§ **Stored data entries**
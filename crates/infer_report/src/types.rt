//! Types as text.
ghost use Rattle.std.specs.Prelude.{◌≡◌, ◌≤◌, ◌++◌, List, length, map, take, OnOk, codes, string_bytes};
ghost use Rattle.std.specs.Option.{option_copied};
ghost use Rattle.std.specs.Fmt.{decimal};
ghost use Rattle.infer_report.specs.Words.{adt_params, int_text, uint_text, float_text, const_text, ref_text, ptr_text, label_text, safety_text, callable_text, separator, joined, tuple_text, args_text, own_count, adt_own_count, own_args, adt_text, implements_text, projection_text, arg_text, ty_text, type_text};
ghost use Rattle.infer_report.specs.Own.{later_args_text, later_arg_text};

use hir_facts::{RawFacts, RawTrait};
use hir_types::{
    AdtId, CallableDefId, ClosureId, Const, FloatTy, GenericArg, IntTy, List, Mutability, Region,
    Safety, Ty, TypeAliasId, UintTy,
};
use std::alloc::AllocError;

fn int_name(int: IntTy) -> &'static str
    ensures { result.now ≡ int_text int }
{
    match int {
        IntTy::Isize => "isize",
        IntTy::I8 => "i8",
        IntTy::I16 => "i16",
        IntTy::I32 => "i32",
        IntTy::I64 => "i64",
        IntTy::I128 => "i128",
    }
}

fn uint_name(uint: UintTy) -> &'static str
    ensures { result.now ≡ uint_text uint }
{
    match uint {
        UintTy::Usize => "usize",
        UintTy::U8 => "u8",
        UintTy::U16 => "u16",
        UintTy::U32 => "u32",
        UintTy::U64 => "u64",
        UintTy::U128 => "u128",
    }
}

fn float_name(float: FloatTy) -> &'static str
    ensures { result.now ≡ float_text float }
{
    match float {
        FloatTy::F16 => "f16",
        FloatTy::F32 => "f32",
        FloatTy::F64 => "f64",
        FloatTy::F128 => "f128",
    }
}

fn safety_name(safety: Safety) -> &'static str
    ensures { result.now ≡ safety_text safety }
{
    match safety {
        Safety::Safe => "fn",
        Safety::Unsafe => "unsafe fn",
    }
}

fn ref_name(mutability: Mutability) -> &'static str
    ensures { result.now ≡ ref_text mutability }
{
    match mutability {
        Mutability::Not => "",
        Mutability::Mut => "mut ",
    }
}

fn ptr_name(mutability: Mutability) -> &'static str
    ensures { result.now ≡ ptr_text mutability }
{
    match mutability {
        Mutability::Not => "const ",
        Mutability::Mut => "mut ",
    }
}

fn push_closure(out: &mut String, id: ClosureId) -> Result<(), AllocError>
    ensures { OnOk result (string_bytes out.new ≡ string_bytes out.old ++ (codes "closure e" ++ decimal id.0.0)) }
{
    let number = id.0.0;
    write!(out, "closure e{number}")
}

fn push_callable(out: &mut String, id: CallableDefId) -> Result<(), AllocError>
    ensures { OnOk result (string_bytes out.new ≡ string_bytes out.old ++ callable_text id) }
{
    match id {
        CallableDefId::FunctionId(function) => {
            let number = function.0;
            write!(out, "fn{number}")
        }
        CallableDefId::VariantId(variant) => {
            let number = variant.0;
            write!(out, "variant{number}")
        }
    }
}

fn push_label(out: &mut String, label: &str) -> Result<(), AllocError>
    ensures { OnOk result (string_bytes out.new ≡ string_bytes out.old ++ label_text label.now) }
{
    if label.is_empty() {
        Ok(())
    } else {
        out.push_str(label)?;
        out.push_str(" ")
    }
}

fn push_ref(out: &mut String, mutability: Mutability, region: &Region) -> Result<(), AllocError>
    ensures { OnOk result (string_bytes out.new ≡ string_bytes out.old ++ (codes "&" ++ label_text region.now.0 ++ ref_text mutability)) }
{
    out.push_str("&")?;
    push_label(out, region.0.as_str())?;
    out.push_str(ref_name(mutability))
}

fn push_ptr(out: &mut String, mutability: Mutability) -> Result<(), AllocError>
    ensures { OnOk result (string_bytes out.new ≡ string_bytes out.old ++ (codes "*" ++ ptr_text mutability)) }
{
    out.push_str("*")?;
    out.push_str(ptr_name(mutability))
}

fn push_const(out: &mut String, value: Const) -> Result<(), AllocError>
    ensures { OnOk result (string_bytes out.new ≡ string_bytes out.old ++ const_text value) }
{
    match value {
        Const::Value(value) => write!(out, "{value}"),
        Const::Param(number) => write!(out, "param{number}"),
        Const::Unknown => out.push_str("{const}"),
        Const::Var(hole) => write!(out, "?{hole}"),
        Const::Hole => out.push_str("_"),
    }
}

fn push_separator(out: &mut String, at: usize) -> Result<(), AllocError>
    ensures { OnOk result (string_bytes out.new ≡ string_bytes out.old ++ separator at) }
{
    match at {
        0 => Ok(()),
        _ => out.push_str(", "),
    }
}

#[cycle(shown)]
fn push_joined(out: &mut String, facts: &RawFacts, types: &[Ty]) -> Result<(), AllocError>
    ensures { OnOk result (string_bytes out.new ≡ string_bytes out.old ++ joined (map (ty_text facts.now) types.now)) }
{
    for (at, ty) in types.iter().enumerate() {
        push_separator(out, at)?;
        push_ty(out, facts, ty)?;
    }
    Ok(())
}

#[cycle(shown)]
fn push_tuple(out: &mut String, facts: &RawFacts, types: &List<Ty>) -> Result<(), AllocError>
    ensures { OnOk result (string_bytes out.new ≡ string_bytes out.old ++ tuple_text (map (ty_text facts.now) types.now)) }
{
    out.push_str("(")?;
    push_joined(out, facts, types.as_slice())?;
    if types.len() == 1 {
        out.push_str(",")?;
    }
    out.push_str(")")
}

#[cycle(shown)]
#[tactic(auto, using(crate::proofs::TypeTexts::arg_text_is))]
fn push_arg(out: &mut String, facts: &RawFacts, arg: &GenericArg) -> Result<(), AllocError>
    ensures { OnOk result (string_bytes out.new ≡ string_bytes out.old ++ arg_text facts.now arg.now) }
{
    match arg {
        GenericArg::Ty(ty) => push_ty(out, facts, ty),
        GenericArg::Const(value) => push_const(out, *value),
    }
}

#[cycle(shown)]
fn push_joined_args(
    out: &mut String,
    facts: &RawFacts,
    args: &[GenericArg],
) -> Result<(), AllocError>
    ensures { OnOk result (string_bytes out.new ≡ string_bytes out.old ++ joined (map (arg_text facts.now) args.now)) }
{
    for (at, arg) in args.iter().enumerate() {
        push_separator(out, at)?;
        push_arg(out, facts, arg)?;
    }
    Ok(())
}

/// Writes generic arguments, where there are any.
#[cycle(shown)]
pub fn push_args(out: &mut String, facts: &RawFacts, args: &[GenericArg]) -> Result<(), AllocError>
    ensures { OnOk result (string_bytes out.new ≡ string_bytes out.old ++ args_text (map (arg_text facts.now) args.now)) }
{
    if args.is_empty() {
        return Ok(());
    }
    out.push_str("<")?;
    push_joined_args(out, facts, args)?;
    out.push_str(">")
}

/// How many of so many arguments are those of a function's own parameters, or of those of a constructor's adt: those for
/// associated types in its signature come behind them.
fn own_count(facts: &RawFacts, id: CallableDefId, count: usize) -> usize
    ensures { result ≡ own_count facts.now id count }
{
    match id {
        CallableDefId::FunctionId(function) => match facts.fns.get(function.0 as usize) {
            Some(function) => function.params.len().min(count),
            None => count,
        },
        CallableDefId::VariantId(variant) => match facts.variants.get(variant.0 as usize) {
            Some(variant) => adt_own_count(facts, variant.adt, count),
            None => count,
        },
    }
}

/// How many of so many arguments are those of an adt's parameters.
fn adt_own_count(facts: &RawFacts, adt: AdtId, count: usize) -> usize
    ensures { result ≡ adt_own_count (adt_params facts.now adt) count }
{
    match facts.adts.get(adt.0 as usize) {
        Some(adt) => adt.params.len().min(count),
        None => count,
    }
}

/// Writes so many of these generic arguments.
#[cycle(shown)]
fn push_first_args(
    out: &mut String,
    facts: &RawFacts,
    args: &[GenericArg],
    count: usize,
) -> Result<(), AllocError>
    requires { count ≤ length args.now }
    ensures { OnOk result (string_bytes out.new ≡ string_bytes out.old ++ joined (map (arg_text facts.now) (take count args.now))) }
{
    for at in 0..count {
        push_separator(out, at)?;
        push_arg(out, facts, &args[at])?;
    }
    Ok(())
}

/// Writes the generic arguments of a function or constructor that are its own, where there are any.
#[cycle(shown)]
fn push_own_args(
    out: &mut String,
    facts: &RawFacts,
    id: CallableDefId,
    args: &[GenericArg],
) -> Result<(), AllocError>
    ensures { OnOk result (string_bytes out.new ≡ string_bytes out.old ++ args_text (own_args facts.now id (map (arg_text facts.now) args.now))) }
{
    let count = own_count(facts, id, args.len());
    if count == 0 {
        return Ok(());
    }
    out.push_str("<")?;
    push_first_args(out, facts, args, count)?;
    out.push_str(">")?;
    Ok(())
}

/// Writes a generic argument that is not the first, with what stands before it.
#[cycle(shown)]
fn push_later_arg(
    out: &mut String,
    facts: &RawFacts,
    at: usize,
    arg: &GenericArg,
) -> Result<(), AllocError>
    ensures { OnOk result (string_bytes out.new ≡ string_bytes out.old ++ later_arg_text at (arg_text facts.now arg.now)) }
{
    match at {
        0 => Ok(()),
        1 => {
            out.push_str("<")?;
            push_arg(out, facts, arg)
        }
        _ => {
            out.push_str(", ")?;
            push_arg(out, facts, arg)
        }
    }
}

/// Writes the generic arguments but the first, where there are any.
#[cycle(shown)]
fn push_later_args(
    out: &mut String,
    facts: &RawFacts,
    args: &[GenericArg],
) -> Result<(), AllocError>
    ensures { OnOk result (string_bytes out.new ≡ string_bytes out.old ++ later_args_text (map (arg_text facts.now) args.now)) }
{
    for (at, arg) in args.iter().enumerate() {
        push_later_arg(out, facts, at, arg)?;
    }
    if args.len() > 1 {
        out.push_str(">")?;
    }
    Ok(())
}

#[cycle(shown)]
fn push_adt(
    out: &mut String,
    facts: &RawFacts,
    id: AdtId,
    args: &List<GenericArg>,
) -> Result<(), AllocError>
    ensures { OnOk result (string_bytes out.new ≡ string_bytes out.old ++ adt_text facts.now id (map (arg_text facts.now) args.now)) }
{
    match facts.adts.get(id.0 as usize) {
        None => out.push_str("{unknown}"),
        Some(adt) => {
            out.push_str(adt.name.as_str())?;
            push_args(out, facts, args.as_slice())
        }
    }
}

/// Writes the self type, what stands between, and the trait at its other arguments.
#[cycle(shown)]
pub fn push_implements(
    out: &mut String,
    facts: &RawFacts,
    between: &str,
    item: Option<&RawTrait>,
    args: &[GenericArg],
) -> Result<(), AllocError>
    ensures { OnOk result (string_bytes out.new ≡ string_bytes out.old ++ implements_text between.now (option_copied item.entry) (map (arg_text facts.now) args.now)) }
{
    match (item, args.first()) {
        (Some(item), Some(own)) => {
            push_arg(out, facts, own)?;
            out.push_str(between)?;
            out.push_str(item.name.as_str())?;
            push_later_args(out, facts, args)
        }
        _ => out.push_str("{unknown}"),
    }
}

/// Writes an associated type at the arguments of its trait.
#[cycle(shown)]
pub fn push_projection(
    out: &mut String,
    facts: &RawFacts,
    id: TypeAliasId,
    args: &[GenericArg],
) -> Result<(), AllocError>
    ensures { OnOk result (string_bytes out.new ≡ string_bytes out.old ++ projection_text facts.now id (map (arg_text facts.now) args.now)) }
{
    match facts.aliases.get(id.0 as usize) {
        None => out.push_str("{unknown}"),
        Some(alias) => {
            out.push_str("<")?;
            let item = facts.traits.get(alias.trait_.0 as usize);
            push_implements(out, facts, " as ", item, args)?;
            out.push_str(">::")?;
            out.push_str(alias.name.as_str())
        }
    }
}

/// Writes what stands between a function's name and its output.
#[cycle(shown)]
fn push_inputs(out: &mut String, facts: &RawFacts, types: &List<Ty>) -> Result<(), AllocError>
    ensures { OnOk result (string_bytes out.new ≡ string_bytes out.old ++ (codes "(" ++ joined (map (ty_text facts.now) types.now) ++ codes ") -> ")) }
{
    out.push_str("(")?;
    push_joined(out, facts, types.as_slice())?;
    out.push_str(") -> ")
}

/// Writes a type: adts and associated types by their names in the facts, functions and constructors by their
/// numbers. `dyn` traits and opaque types, which the facts do not carry yet, are `{unknown}`: no type
/// that fits the facts is one.
#[cycle(shown)]
#[tactic(auto, using(crate::proofs::TypeTexts::ty_text_is))]
pub fn push_ty(out: &mut String, facts: &RawFacts, ty: &Ty) -> Result<(), AllocError>
    ensures { OnOk result (string_bytes out.new ≡ string_bytes out.old ++ ty_text facts.now ty.now) }
{
    match ty {
        Ty::Bool => out.push_str("bool"),
        Ty::Char => out.push_str("char"),
        Ty::Int(int) => out.push_str(int_name(*int)),
        Ty::Uint(uint) => out.push_str(uint_name(*uint)),
        Ty::Float(float) => out.push_str(float_name(*float)),
        Ty::Str => out.push_str("str"),
        Ty::Never => out.push_str("!"),
        Ty::Tuple(types) => push_tuple(out, facts, types),
        Ty::Array(ty, length) => {
            out.push_str("[")?;
            push_ty(out, facts, ty.get())?;
            out.push_str("; ")?;
            push_const(out, *length)?;
            out.push_str("]")
        }
        Ty::Slice(ty) => {
            out.push_str("[")?;
            push_ty(out, facts, ty.get())?;
            out.push_str("]")
        }
        Ty::Ref(mutability, region, ty) => {
            push_ref(out, *mutability, region)?;
            push_ty(out, facts, ty.get())
        }
        Ty::RawPtr(mutability, ty) => {
            push_ptr(out, *mutability)?;
            push_ty(out, facts, ty.get())
        }
        Ty::Adt(id, args) => push_adt(out, facts, *id, args),
        Ty::FnDef(id, args) => {
            push_callable(out, *id)?;
            push_own_args(out, facts, *id, args.as_slice())
        }
        Ty::FnPtr {
            safety,
            inputs,
            output,
        } => {
            out.push_str(safety_name(*safety))?;
            push_inputs(out, facts, inputs)?;
            push_ty(out, facts, output.get())
        }
        Ty::Closure { id, inputs, output } => {
            push_closure(out, *id)?;
            push_inputs(out, facts, inputs)?;
            push_ty(out, facts, output.get())
        }
        Ty::Param(number) => write!(out, "param{number}"),
        Ty::Projection(id, args) | Ty::AssociatedType(id, args) => {
            push_projection(out, facts, *id, args.as_slice())
        }
        Ty::Dynamic { .. } => out.push_str("{unknown}"),
        Ty::Opaque(..) | Ty::Error => out.push_str("{unknown}"),
        Ty::Var(hole) | Ty::IntVar(hole) => write!(out, "?{hole}"),
        Ty::Hole => out.push_str("_"),
    }
}

/// Writes the type of a node, where it has one.
pub fn push_type(out: &mut String, facts: &RawFacts, ty: &Option<Ty>) -> Result<(), AllocError>
    ensures { OnOk result (string_bytes out.new ≡ string_bytes out.old ++ type_text facts.now ty.now) }
{
    match ty {
        None => out.push_str("{unknown}"),
        Some(ty) => push_ty(out, facts, ty),
    }
}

§ **Required action**
Find the string "many" in the lines above and count those lines. Give only that count.

§ **The answer**
3